Almost 100 passengers on a Shanghai Airlines flight to Taipei refused to disembark when the plane arrived at Taipei Songshan Airport yesterday morning to protest against a one-day delay in their arrival.
Shanghai Airlines flight FM80Y departed Shanghai Pudong International Airport on Saturday morning, but shortly before it should have landed in Taipei the pilot announced the aircraft was returning to Shanghai. The flight was then delayed until yesterday morning.
Wei Sheng-chih (魏勝之), director of the Taipei International Airport Office, said the pilot told the passengers on Saturday that the flight was about to land in Taipei but afterwards said he had decided to return to Pudong because of a thunderstorm.
“Perhaps the announcement for landing came a bit earlier than normal and the airline staff did not adequately communicate the weather situation to the passengers,” Wei said.
The passengers stayed on the plane for about 30 minutes before deplaning yesterday, he said.
Wei said Civil Aeronautics Administration (CAA) officials and Aviation Police boarded the plane to try to persuade the passengers to leave the aircraft, following standard operating procedures. It was the first time that passengers were unwilling to get off a delayed flight since regular cross-strait flights began last year.
In a report broadcast by local cable station TVBS, a Shanghai Airlines spokesman said the airline had given each passenger 400 yuan (US$58.50) as compensation and apologized for the inconvenience.
A thunderstorm around Songshan Airport on Saturday meant landing conditions did not meet the airline’s requirements, the spokesman said.

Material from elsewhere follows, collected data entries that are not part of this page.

//! The largest drill: as a command, and its script in a session, line by line.

ghost use Rattle.std.specs.Prelude.{◌≡◌, ◌≤◌, ◌%◌};

use crate::runs::rows::{check_run, check_session};
use crate::runs::runs::Given;
use pv_cli::Status;
use pv_drill::{drill_doc, drill_dtd, drill_line};
use std::alloc::Global;
use std::test::Fail;

// How many sections the document has.
const SECTIONS: u32 = 20_000;

// Appends a line of the script.
fn push_line(script: &mut Vec<u8>, alloc: Global, k: u32, which: u32) -> Result<(), Fail>
    requires some { 1 ≤ k }
    requires most { k ≤ 20000 }
    requires line { which ≤ 2 }
    requires third { which ≡ 2 → k % 3 ≡ 0 }
{
    script.extend_from_slice(&drill_line(alloc, k, which)?)?;
    script.push(b'\n')?;
    Ok(())
}

// The lines for all sections.
fn script(alloc: Global) -> Result<Vec<u8>, Fail> {
    let mut script = Vec::new(alloc);
    for before in 0..SECTIONS {
        let k = before + 1;
        push_line(&mut script, alloc, k, 0)?;
        push_line(&mut script, alloc, k, 1)?;
        if k % 3 == 0 {
            push_line(&mut script, alloc, k, 2)?;
        }
    }
    Ok(script)
}

// Their replies. All sections are Possible at first; each wrap that is made takes one away, and
// each undo gives one back.
fn replies(alloc: Global) -> Result<String, Fail> {
    let mut replies = String::new(alloc);
    for before in 0..SECTIONS {
        let k = before + 1;
        let open = (SECTIONS + before / 3).saturating_sub(k);
        let both = format!(in alloc; "no impossible 0.{k}.0\nok 2 {open} 0\n")?;
        replies.push_str(both.as_str())?;
        if k % 3 == 0 {
            let undone = format!(in alloc; "ok 1 {} 0\n", open + 1)?;
            replies.push_str(undone.as_str())?;
        }
    }
    Ok(replies)
}

#[test]
fn the_largest_session(rt: HostRuntime) -> Result<(), Fail> {
    let alloc = rt.alloc();
    let dtd = str::from_utf8(drill_dtd()).ok().ok_or("the DTD")?;
    let text = drill_doc(alloc, SECTIONS)?;
    let doc = str::from_utf8(&text).ok().ok_or("the document")?;
    let script = script(alloc)?;
    let replies = replies(alloc)?;
    let texts = (dtd, "doc", doc);
    check_session(
        &rt,
        "the largest session",
        texts,
        &script,
        replies.as_bytes(),
        65_536,
    )
}

#[test]
fn the_largest_drill(rt: HostRuntime) -> Result<(), Fail> {
    let given = Given::plain(&["drill", "20000"], &[]);
    let counts = b"drill 20000 lines 46666 ok 26666 refused 20000 open 6666 checked 46666\n";
    check_run(&rt, "drill 20000", &given, Status::Done, counts)
}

But angry passengers accused the airline of lying to them. They said the airline had unnecessarily forced them to go through a 24-hour ordeal.
Some passengers said the pilot had decided to return to Pudong because he was unhappy. Others said they had called their families in Taiwan and found that other planes had landed in Taoyuan and Songshan on schedule on Saturday despite the thunderstorm, raising questions about the pilot’s decision to return to Shanghai.
Wei said it was unlikely that the pilot’s mood had anything to do with his decision not to land on Saturday: “He would not have been able to fly in the first place if it was determined that he was unfit to fly the aircraft.”
Wei said the transcripts of communications between the pilot and the control tower on Saturday would be reviewed.